JAKARTA, HUMAS MKRI – Sidang pengujian Undang-Undang Nomor 7 Tahun 2017 tentang Pemilihan Umum (UU Pemilu) kembali digelar Mahkamah Konstitusi (MK) pada Rabu (25/10/2023). Perkara yang diregistrasi MK dengan Nomor 128/PUU-XXI/2023 ini diajukan oleh Muhammad Syeh Sultan, A Fahrur Rozi, dan Tri Rahma Dona. Sidang dengan agenda perbaikan perkara tersebut dipimpin oleh Hakim Konstitusi Arief Hidayat dengan didampingi Hakim Konstitusi Daniel Yusmic P. Foekh dan Hakim Konstitusi Wahiduddin Adams.
Dalam persidangan A Fahrur Rozi mengatakan permohonannya bersifat unprecedented yang dalam artian jarang atau tidak ada permohonan yang berusaha menafsirkan kembali putusan MK yang telah diputus 15 Agustus 2023 lalu. “Secara sepintas kami mengakui seolah-olah kami ingin menguji atau mengubah adanya putusan MK tetapi secara substansi permohonan ini ingin menguji Pasal 280 ayat (1) huruf h sebagaimana dimaknai dalam putusan MK tersebut mengingat putusan MK menjadi catatan dari keberlakuan norma yang kami ujikan,” ujarnya.

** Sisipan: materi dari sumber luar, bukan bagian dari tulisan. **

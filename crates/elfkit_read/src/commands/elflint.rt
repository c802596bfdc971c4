//! elflint: what the rules find in each file that it names, or in the members of one that is an
//! archive.

ghost use Rattle.std.specs.Prelude.{◌≡◌, IsTrue};
ghost use Rattle.tool_output.specs.Files.{LeavesFiles};
ghost use Rattle.tool_output.specs.Statuses.{refused_status};
ghost use Rattle.tool_output.specs.Outcomes.{Does};
ghost use Rattle.elfkit_read.specs.Elflint.{elflint_outcome};

use crate::objects::each_object;
use elf_lint::LintTool;
use elf_outside::{Files, Sink};
use std::alloc::Global;
use tool_output::{Outputs, Stop};
use tool_text::Args;

/// The command elflint: what the rules find in each file, in the order of the names, and in each
/// member of one that is an archive. It returns whether something was found or rejected.
#[tactic(auto, unfolding(crate::specs::Elflint::elflint_outcome))]
pub fn run_elflint<F: Files, O: Sink, E: Sink>(
    alloc: Global,
    names: &Args,
    files: &mut F,
    outputs: &mut Outputs<'_, O, E>,
) -> Result<bool, Stop>
    ensures does { IsTrue (F.tells files.old) → Does F.Files O.Sink E.Sink refused_status
        (elflint_outcome names.now (F.named files.old))
        result files.old files.new outputs.old outputs.new }
    ensures given { F.given files.new ≡ F.given files.old }
    ensures leaves { LeavesFiles F.Files O.Sink E.Sink
        result files.old files.new outputs.old outputs.new }
{
    each_object(alloc, &LintTool, &LintTool, names, files, outputs)
}
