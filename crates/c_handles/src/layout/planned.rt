//! The layout of an image.

use elf_layout::Parts;
use elf_types::Octets;

/// Where the parts of an image are, and the bytes of its header and of its two tables.
#[derive(Drop)]
pub struct PlannedLayout {
    /// The parts that are not empty, by their places.
    pub parts: Parts,
    /// The length of the image in bytes.
    pub end: u64,
    /// The bytes of the ELF header.
    pub header: Octets,
    /// The bytes of the program header table.
    pub segments: Octets,
    /// The bytes of the section header table.
    pub table: Octets,
}
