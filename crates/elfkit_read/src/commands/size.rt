//! size: how much memory the sections of each object take.

ghost use Rattle.std.specs.Prelude.{◌≡◌, IsTrue};
ghost use Rattle.tool_output.specs.Files.{LeavesFiles};
ghost use Rattle.tool_output.specs.Statuses.{refused_status};
ghost use Rattle.tool_output.specs.Outcomes.{Does};
ghost use Rattle.elfkit_read.specs.Size.{size_outcome};

use crate::objects::each_object;
use elf_outside::{Files, Sink};
use size_tool::{SizeTitle, SizeTool};
use std::alloc::Global;
use tool_output::{Outputs, Stop};
use tool_text::Args;

/// The command size: its title, and then a line for each file, in the order of the names, or for
/// each member of one that is an archive. It returns whether something was rejected.
pub fn run_size<F: Files, O: Sink, E: Sink>(
    alloc: Global,
    names: &Args,
    files: &mut F,
    outputs: &mut Outputs<'_, O, E>,
) -> Result<bool, Stop>
    ensures does { IsTrue (F.tells files.old) → Does F.Files O.Sink E.Sink refused_status
        (size_outcome names.now (F.named files.old))
        result files.old files.new outputs.old outputs.new }
    ensures given { F.given files.new ≡ F.given files.old }
    ensures leaves { LeavesFiles F.Files O.Sink E.Sink
        result files.old files.new outputs.old outputs.new }
{
    outputs.show(&SizeTitle)?;
    each_object(alloc, &SizeTool, &SizeTool, names, files, outputs)
}
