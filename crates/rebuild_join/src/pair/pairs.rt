//! Two sources, one after the other, as a source.

ghost use Rattle.std.specs.Prelude.{◌≡◌, ◌+◌, ◌^◌, ◌<◌};
ghost use Rattle.rebuild_join.specs.Pair.Pairs.{bytes_of_pair, rest_of_pair, pair_sized};

use crate::pair::reading::read_pair;
use elf_outside::{Failed, Source};

/// The bytes of one source, and after them those of another one. It tells its bytes where both do,
/// and its counts are the sums of theirs.
#[derive(Drop)]
pub struct SourcePair<S: Source, T: Source> {
    first: S,
    second: T,
    pub ghost addressable: { S.size first + T.size second < 2 ^ 64 },
}

impl<S: Source, T: Source> SourcePair<S, T> {
    /// The bytes of the first source and then those of the second, which are fewer than 2^64
    /// together. It takes no memory.
    pub fn new(first: S, second: T) -> SourcePair<S, T>
        requires { S.size first + T.size second < 2 ^ 64 }
        ensures first { result.first ≡ first }
        ensures second { result.second ≡ second }
    {
        SourcePair { first, second }
    }

    /// The two sources. It takes no memory.
    pub fn into_parts(self) -> (S, T)
        ensures first { result.0 ≡ self.first }
        ensures second { result.1 ≡ self.second }
    {
        (self.first, self.second)
    }
}

impl<S: Source, T: Source> Source for SourcePair<S, T> {
    ghost size = { λ p. S.size p.first + T.size p.second };

    ghost holds = { λ p. bytes_of_pair (S.holds p.first) (T.holds p.second) };

    ghost rest = { λ p. rest_of_pair (S.size p.first) (T.size p.second)
        (S.holds p.first) (T.holds p.second) (S.rest p.first) (T.rest p.second) };

    ghost faults = { λ p. S.faults p.first + T.faults p.second };

    ghost taken = { λ p. S.taken p.first + T.taken p.second };

    fn len(&self) -> u64 {
        let first = self.first.len();
        let second = self.second.len();
        first + second
    }

    fn read_at(&mut self, at: u64, buf: &mut [u8]) -> Result<(), Failed> {
        read_pair(&mut self.first, &mut self.second, at, buf)
    }

    ghost sized = { λ p. pair_sized (S.holds p.first) (T.holds p.second)
        (S.size p.first) (T.size p.second) (S.sized p.first) (T.sized p.second) };
}
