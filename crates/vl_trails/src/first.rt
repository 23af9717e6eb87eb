//! The earliest of several faults.
ghost use Rattle.std.specs.Prelude.{◌≡◌, Some, IfOk};
ghost use Rattle.spec_schema.specs.Order.{earlier as earlier_fault};
ghost use Rattle.vl_trails.specs.Faults.{placed_as, placed, earliest_placed};

use crate::fault::{Broken, RuleFault};
use crate::placing::placed_as;
use json_exact::Json;
use spec_schema::{Fault, earlier};
use spec_walk::Step;
use std::alloc::Global;
use text_kit::OutOfMemory;

/// The fault so far, or one that stands before it in the tree.
pub fn sooner_placed(
    alloc: Global,
    tree: &Json,
    so_far: Option<Fault>,
    trail: &[Step],
    what: &Broken,
) -> Result<Option<Fault>, OutOfMemory>
    ensures { IfOk result (λ f. f ≡ earlier_fault so_far (Some (placed_as tree.now trail.now what.now))) }
{
    let fault = placed_as(alloc, tree, trail, what)?;
    Ok(earlier(so_far, Some(fault)))
}

// The fault so far, or another that stands before it in the tree.
fn sooner_fault(
    alloc: Global,
    tree: &Json,
    so_far: Option<Fault>,
    fault: &RuleFault,
) -> Result<Option<Fault>, OutOfMemory>
    ensures { IfOk result (λ f. f ≡ earlier_fault so_far (Some (placed tree.now fault.now))) }
{
    sooner_placed(alloc, tree, so_far, fault.trail.as_slice(), &fault.what)
}

/// The fault that stands first in a tree, and of those at one place the first of the list; None exactly where there is no fault at all.
#[tactic(auto, using(crate::proofs::OrderLemmas::none_more))]
pub fn first_placed(
    alloc: Global,
    tree: &Json,
    faults: &[RuleFault],
) -> Result<Option<Fault>, OutOfMemory>
    ensures { IfOk result (λ f. f ≡ earliest_placed tree.now faults.now) }
{
    let mut so_far = None;
    for fault in faults {
        so_far = sooner_fault(alloc, tree, so_far, fault)?;
    }
    Ok(so_far)
}
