//! Trees, each read from the front of the tokens.
//!
//! `nesting` is how many brackets may still be opened and `limit` how high the tree may be. Each step into a part takes from one
//! of them, so the recursion is no deeper than they say; a row of operators is a loop.
ghost use Rattle.std.specs.Prelude.{◌≡◌, ◌<◌, ◌≤◌, ◌-◌, [], map, max, IfOk};
ghost use Rattle.text_kit.specs.Answer.{GivesAs};
ghost use Rattle.expr_syntax.specs.declared.expr.Expr.TheVariants.{Choose, Binary, Pair};
ghost use Rattle.expr_syntax.specs.Grammar.{height, level_of, list_max};
ghost use Rattle.expr_syntax.specs.inner.Scanner.{cause};
ghost use Rattle.expr_syntax.specs.inner.Parser.{operator_at, arguments_at, most_arguments, called_at, named_at, pair_at, primary_at, within};
ghost use Rattle.expr_syntax.specs.inner.Parser.{unary_at, branches_at, choice_at, joined_at, chain_at, builtin_at, call_at, tree_at};
ghost use Rattle.expr_syntax.specs.inner.Parser.{inside_of, whole_at};

use crate::errors::ExprError;
use crate::expr::{BinOp, Expr};
use crate::forms::{asks_store, domain_length_at, field_at, is_word, selected_at, stored_at};
use crate::fronts::{after, after_first, name_at, next, operator_of, starts};
use crate::tall::{Tall, higher, leaf, within};
use crate::token::{Mark, Token};
use case_table::{admits, builtin_of};
use std::alloc::Global;
use text_kit::{Boxed, OutOfMemory, Seq, Text};

/// How many brackets may stand in one another.
const MOST_NESTING: u32 = 256;

/// How high a tree may be.
const MOST_HEIGHT: u32 = 256;

/// No builtin takes more arguments.
const MOST_ARGUMENTS: u32 = 8;

/// The level of an operator.
fn level_of(op: BinOp) -> u32
    ensures { result ≡ level_of op }
{
    match op {
        BinOp::Or => 7,
        BinOp::And => 6,
        BinOp::Like | BinOp::NotLike | BinOp::Same | BinOp::NotSame => 5,
        BinOp::Less | BinOp::LessSame | BinOp::More | BinOp::MoreSame => 4,
        BinOp::Add | BinOp::Sub => 3,
        BinOp::Mul | BinOp::Div | BinOp::Rem => 2,
    }
}

// The operator of a level that comes first.
#[tactic(auto, unfolding(crate::specs::inner::Parser::operator_at))]
fn operator_at(level: u32, tokens: &[Token]) -> Option<BinOp>
    ensures { result ≡ operator_at level tokens.now }
{
    match next(tokens) {
        Some((Token::Mark(mark), _)) => operator_of(*mark).filter(|op| level_of(*op) == level),
        Some((Token::Name(_) | Token::Number(_) | Token::Quoted(_), _)) | None => None,
    }
}

// Two boxed trees.
fn boxed_pair(
    alloc: Global,
    first: Expr,
    second: Expr,
) -> Result<(Boxed<Expr>, Boxed<Expr>), OutOfMemory>
    ensures { IfOk result (λ pair. pair ≡ (first, second)) }
{
    let first = Boxed::new(alloc, first)?;
    Ok((first, Boxed::new(alloc, second)?))
}

// A choice of its parts.
fn chosen(alloc: Global, test: Expr, first: Expr, second: Expr) -> Result<Expr, OutOfMemory>
    ensures { IfOk result (λ e. e ≡ Choose test first second) }
{
    let (first, second) = boxed_pair(alloc, first, second)?;
    Ok(Expr::Choose(Boxed::new(alloc, test)?, first, second))
}

// An operator with its operands.
fn joined(alloc: Global, op: BinOp, left: Expr, right: Expr) -> Result<Expr, OutOfMemory>
    ensures { IfOk result (λ e. e ≡ Binary op left right) }
{
    let (left, right) = boxed_pair(alloc, left, right)?;
    Ok(Expr::Binary(op, left, right))
}

// A pair of its parts.
fn paired(alloc: Global, first: Expr, second: Expr) -> Result<Expr, OutOfMemory>
    ensures { IfOk result (λ e. e ≡ Pair first second) }
{
    let (first, second) = boxed_pair(alloc, first, second)?;
    Ok(Expr::Pair(first, second))
}
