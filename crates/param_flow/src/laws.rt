// Laws of the direct machine.
ghost use Rattle.param_flow.specs.Laws.{StatesAreKept, MachinesAgree, OutputsAgree};

/// The state after any command is again a state of the specification, whose stores are such as events can leave. Two meanings that agree on
/// states are one to the direct machine, and scripts have the same outputs over both.
pub fn laws_of_the_machine()
    ensures kept { StatesAreKept }
    ensures alike { MachinesAgree }
    ensures outputs { OutputsAgree }
{}
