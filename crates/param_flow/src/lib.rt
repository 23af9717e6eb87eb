//! What a user can do to a chart, and what is replied: commands, events and replies, with the direct machine, the
//! definition of what a command does to a state.
#![tactic(auto)]

mod command;
mod event;
mod laws;
mod param_error;
mod reply;
mod settings;
mod unit_rows;

pub use command::{ChangeOf, Command, Modify};
pub use event::Event;
pub use laws::laws_of_the_machine;
pub use param_error::ParamError;
pub use reply::{Cause, Reply};
pub use settings::set;
pub use unit_rows::UnitRows;
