// Settings of parameters.
ghost use Rattle.std.specs.Prelude.{◌≡◌, map, IfOk};
ghost use Rattle.vega_spec.specs.Names.{parameters_of};
ghost use Rattle.param_flow.specs.Machine.{with_value};
ghost use Rattle.param_flow.specs.Settings.{is_settable, has_name, has_settable, params_set, SetsAs};

use crate::ParamError;
use cell_value::{Cell, Params};
use std::alloc::Global;
use text_kit::{OutOfMemory, Seq, Text, copy_list};
use vega_spec::{Parameter, ParameterKind, VgSpec, parameters_of};

// Whether commands may set a parameter of this kind.
fn is_settable(kind: ParameterKind) -> bool
    ensures { result ≡ is_settable kind }
{
    match kind {
        ParameterKind::Settable => true,
        ParameterKind::Computed | ParameterKind::Selection => false,
    }
}

// Whether there is a parameter of this name.
fn has_name(params: &[Parameter], name: &str) -> bool
    ensures { result ≡ has_name params.now name.now }
{
    params.iter().any(|param| param.name.as_str() == name)
}

// Whether there is one that can be set.
fn has_settable(params: &[Parameter], name: &str) -> bool
    ensures { result ≡ has_settable params.now name.now }
{
    params.iter().any(|param| param.name.as_str() == name && is_settable(param.kind))
}

// A copy of a value, with another cell if it has this name.
fn with_value(param: &(Text, Cell), name: &str, value: &Cell) -> Result<(Text, Cell), OutOfMemory>
    ensures { IfOk result (λ copy. copy ≡ with_value name.now value.now param.now) }
{
    let is_named = param.0.as_str() == name;
    let cell = if is_named { value } else { &param.1 };
    Ok((param.0.copy()?, cell.copy()?))
}

// Copies of values, with another cell in the place of those of this name.
fn all_with_value(
    alloc: Global,
    params: &[(Text, Cell)],
    name: &str,
    value: &Cell,
) -> Result<Seq<(Text, Cell)>, OutOfMemory>
    ensures { IfOk result (λ copies. copies ≡ map (with_value name.now value.now) params.now) }
{
    let mut copies = Seq::with_capacity(alloc, params.len())?;
    for param in params {
        copies.push(with_value(param, name, value)?)?;
    }
    Ok(copies)
}

// The same beside copies of what the selections hold.
fn params_with(alloc: Global, now: &Params, name: &str, value: &Cell) -> Result<Params, OutOfMemory>
    ensures { IfOk result (λ next. next
        ≡ record { params = map (with_value name.now value.now) now.now.params; stores = now.now.stores }) }
{
    Ok(Params {
        params: all_with_value(alloc, now.params.as_slice(), name, value)?,
        stores: copy_list(alloc, now.stores.as_slice())?,
    })
}

/// The parameters of a chart once the one of this name has this value; the others, and what the selections hold, are as they were.
/// `NoSuchName` comes exactly where no parameter of the specification has the name, and `Computed` exactly where some have it and none of
/// them can be set, as it is computed or a selection.
pub fn set(
    alloc: Global,
    g: &VgSpec,
    now: &Params,
    name: &str,
    value: Cell,
) -> Result<Params, ParamError>
    ensures { SetsAs result (params_set (parameters_of g.now) now.now name.now value) }
{
    let params = parameters_of(alloc, g)?;
    if !has_name(params.as_slice(), name) {
        return Err(ParamError::NoSuchName);
    }
    if !has_settable(params.as_slice(), name) {
        return Err(ParamError::Computed);
    }
    Ok(params_with(alloc, now, name, &value)?)
}
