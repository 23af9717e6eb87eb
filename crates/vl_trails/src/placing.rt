//! Where trails lead, and where faults stand.
ghost use Rattle.std.specs.Prelude.{◌≡◌, ◌+◌, ◌++◌, ◌∷◌, [], slice_get, IfOk};
ghost use Rattle.std.specs.Option.{option_copied, option_map};
ghost use Rattle.json_exact.specs.Inside.{members_in as members_inside};
ghost use Rattle.json_exact.specs.declared.json.Json.{out-Json};
ghost use Rattle.spec_walk.specs.Paths.{path_of as path_spelled};
ghost use Rattle.vl_trails.specs.declared.fault.Broken.TheVariants as broken;
ghost use Rattle.vl_trails.specs.Faults.{missing_place, placed_as};
ghost use Rattle.vl_trails.specs.Trails.{behind_all, child_numbered, members_at, place_of, value_at, value_under};

use crate::fault::Broken;
use json_exact::{Json, Member};
use spec_schema::{Fault, SpecKind, path_word};
use spec_walk::{Step, path_of, place_at};
use std::alloc::Global;
use text_kit::{OutOfMemory, Seq, Text};

/// The place to which steps lead: from the top on, the number of a child among its parent's children, counted from 0; behind all values
/// where they lead nowhere. Each step by a name looks at the members of one object.
pub fn place_of(alloc: Global, tree: &Json, trail: &[Step]) -> Result<Seq<usize>, OutOfMemory>
    ensures { IfOk result (λ place. place ≡ place_of tree.now trail.now) }
{
    match place_at(alloc, tree, trail)? {
        Some(place) => Ok(place),
        None => behind_all(alloc),
    }
}

// The place behind all values of a tree.
fn behind_all(alloc: Global) -> Result<Seq<usize>, OutOfMemory>
    ensures { IfOk result (λ place. place ≡ behind_all) }
{
    let mut place = Seq::new(alloc);
    place.push(usize::MAX)?;
    Ok(place)
}

// The item of a number.
fn item_numbered(items: &[Json], number: usize) -> Option<&Json>
    ensures { option_copied result ≡ slice_get items.now number }
{
    items.get(number)
}

// The value of the member of a number.
fn member_numbered(members: &[Member], number: usize) -> Option<&Json>
    ensures { option_copied result ≡ option_map (λ m. m.value) (slice_get members.now number) }
{
    match members.get(number) {
        Some(member) => Some(&member.value),
        None => None,
    }
}

// The child of a number.
fn child_numbered(tree: &Json, number: usize) -> Option<&Json>
    ensures { option_copied result ≡ child_numbered (out-Json tree.now) number }
{
    match tree {
        Json::List(items) => item_numbered(items.as_slice(), number),
        Json::Object(members) => member_numbered(members.as_slice(), number),
        Json::Null | Json::Flag(_) | Json::Number(_) | Json::Huge | Json::Text(_) => None,
    }
}

// The value at a place.
fn value_under<'a>(tree: &'a Json, place: &[usize]) -> Option<&'a Json>
    ensures { option_copied result ≡ value_under tree.now place.now }
{
    let mut here = tree;
    for number in place {
        match child_numbered(here, *number) {
            Some(child) => here = child,
            None => return None,
        }
    }
    Some(here)
}

/// The value to which steps lead; None exactly where they lead nowhere.
pub fn value_at<'a>(
    alloc: Global,
    tree: &'a Json,
    trail: &[Step],
) -> Result<Option<&'a Json>, OutOfMemory>
    ensures { IfOk result (λ value. option_copied value ≡ value_at tree.now trail.now) }
{
    match place_at(alloc, tree, trail)? {
        Some(place) => Ok(value_under(tree, place.as_slice())),
        None => Ok(None),
    }
}

// The members of a value that is an object.
fn members_in(value: &Json) -> Option<&[Member]>
    ensures { option_map (λ m. m.now) result ≡ members_inside (out-Json value.now) }
{
    match value {
        Json::Object(members) => Some(members.as_slice()),
        Json::Null | Json::Flag(_) | Json::Number(_) | Json::Huge | Json::Text(_) | Json::List(_) =>
            None,
    }
}

/// The members of the object to which steps lead; None exactly where they lead to no object.
pub fn members_at<'a>(
    alloc: Global,
    tree: &'a Json,
    trail: &[Step],
) -> Result<Option<&'a [Member]>, OutOfMemory>
    ensures { IfOk result (λ members. option_map (λ m. m.now) members ≡ members_at tree.now trail.now) }
{
    match value_at(alloc, tree, trail)? {
        Some(value) => Ok(members_in(value)),
        None => Ok(None),
    }
}

// Where a member that is missing stands: behind those that are there, by the number of its rule.
fn behind_members(
    alloc: Global,
    tree: &Json,
    trail: &[Step],
    members: usize,
    number: usize,
) -> Result<Seq<usize>, OutOfMemory>
    ensures { IfOk result (λ place. place ≡ place_of tree.now trail.now ++ (members + number) ∷ []) }
{
    let Some(last) = members.checked_add(number) else {
        return Err(OutOfMemory);
    };
    let mut place = place_of(alloc, tree, trail)?;
    place.push(last)?;
    Ok(place)
}

// Where a member that is missing stands in a tree.
fn missing_place(
    alloc: Global,
    tree: &Json,
    trail: &[Step],
    number: usize,
) -> Result<Seq<usize>, OutOfMemory>
    ensures { IfOk result (λ place. place ≡ missing_place tree.now trail.now number) }
{
    match members_at(alloc, tree, trail)? {
        Some(members) => behind_members(alloc, tree, trail, members.len(), number),
        None => behind_all(alloc),
    }
}

// The path of the value to which steps lead.
fn path_to(alloc: Global, tree: &Json, trail: &[Step]) -> Result<Text, OutOfMemory>
    ensures { IfOk result (λ path. path ≡ path_spelled tree.now (place_of tree.now trail.now)) }
{
    let place = place_of(alloc, tree, trail)?;
    path_of(alloc, tree, place.as_slice())
}

// A fault of a value where it stands in a tree.
fn placed_value(
    alloc: Global,
    tree: &Json,
    trail: &[Step],
    kind: SpecKind,
) -> Result<Fault, OutOfMemory>
    ensures { IfOk result (λ f. f ≡ placed_as tree.now trail.now (broken.Value kind)) }
{
    let path = path_to(alloc, tree, trail)?;
    let place = place_of(alloc, tree, trail)?;
    Ok(Fault { place, path, kind })
}

// A missing member where it stands in a tree.
fn placed_missing(
    alloc: Global,
    tree: &Json,
    trail: &[Step],
    number: usize,
    name: &Text,
) -> Result<Fault, OutOfMemory>
    ensures { IfOk result (λ f. f ≡ placed_as tree.now trail.now (broken.Missing number name.now)) }
{
    let mut path = path_to(alloc, tree, trail)?;
    let word = path_word(alloc, name.as_str())?;
    path.push_str(word.as_str())?;
    let place = missing_place(alloc, tree, trail, number)?;
    Ok(Fault {
        place,
        path,
        kind: SpecKind::Missing,
    })
}

/// A fault where it stands in a tree.
pub fn placed_as(
    alloc: Global,
    tree: &Json,
    trail: &[Step],
    what: &Broken,
) -> Result<Fault, OutOfMemory>
    ensures { IfOk result (λ f. f ≡ placed_as tree.now trail.now what.now) }
{
    match what {
        Broken::Value(kind) => placed_value(alloc, tree, trail, *kind),
        Broken::Missing(number, name) => placed_missing(alloc, tree, trail, *number, name),
    }
}
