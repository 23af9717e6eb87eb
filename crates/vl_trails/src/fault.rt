//! Faults of rules.
use spec_schema::SpecKind;
use spec_walk::Step;
use text_kit::{Seq, Text};

/// A fault of a rule.
pub struct RuleFault {
    /// The steps from the top to the value where it stands.
    pub trail: Seq<Step>,
    /// What is at fault there.
    pub what: Broken,
}

/// What is at fault.
pub enum Broken {
    /// The value, in this way.
    Value(SpecKind),
    /// A member that has to be there: its number among the rules of the object, counted from 0, and its name.
    Missing(usize, Text),
}

impl Drop for RuleFault {
    fn drop(self) {
        let RuleFault { trail: _, what: _ } = self;
    }
}

impl Drop for Broken {
    fn drop(self) {
        match self {
            Broken::Value(_) => {}
            Broken::Missing(_, _) => {}
        }
    }
}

Rozi menambahkan permohonan yang diujikan berbeda dengan putusan MK. Hal itu dikarenakan karena putusan MK kemarin sudah membuat norma baru. Artinya, kebolehan kampanye di dunia pendidikan dan fasilitas pemerintah mendapat izin dari yang dimaksud sudah menjadi norma dalam batang tubuh pasal, sedangkan permohonan sebelumnya perkara itu diujikan dengan bagian norma penjelasan.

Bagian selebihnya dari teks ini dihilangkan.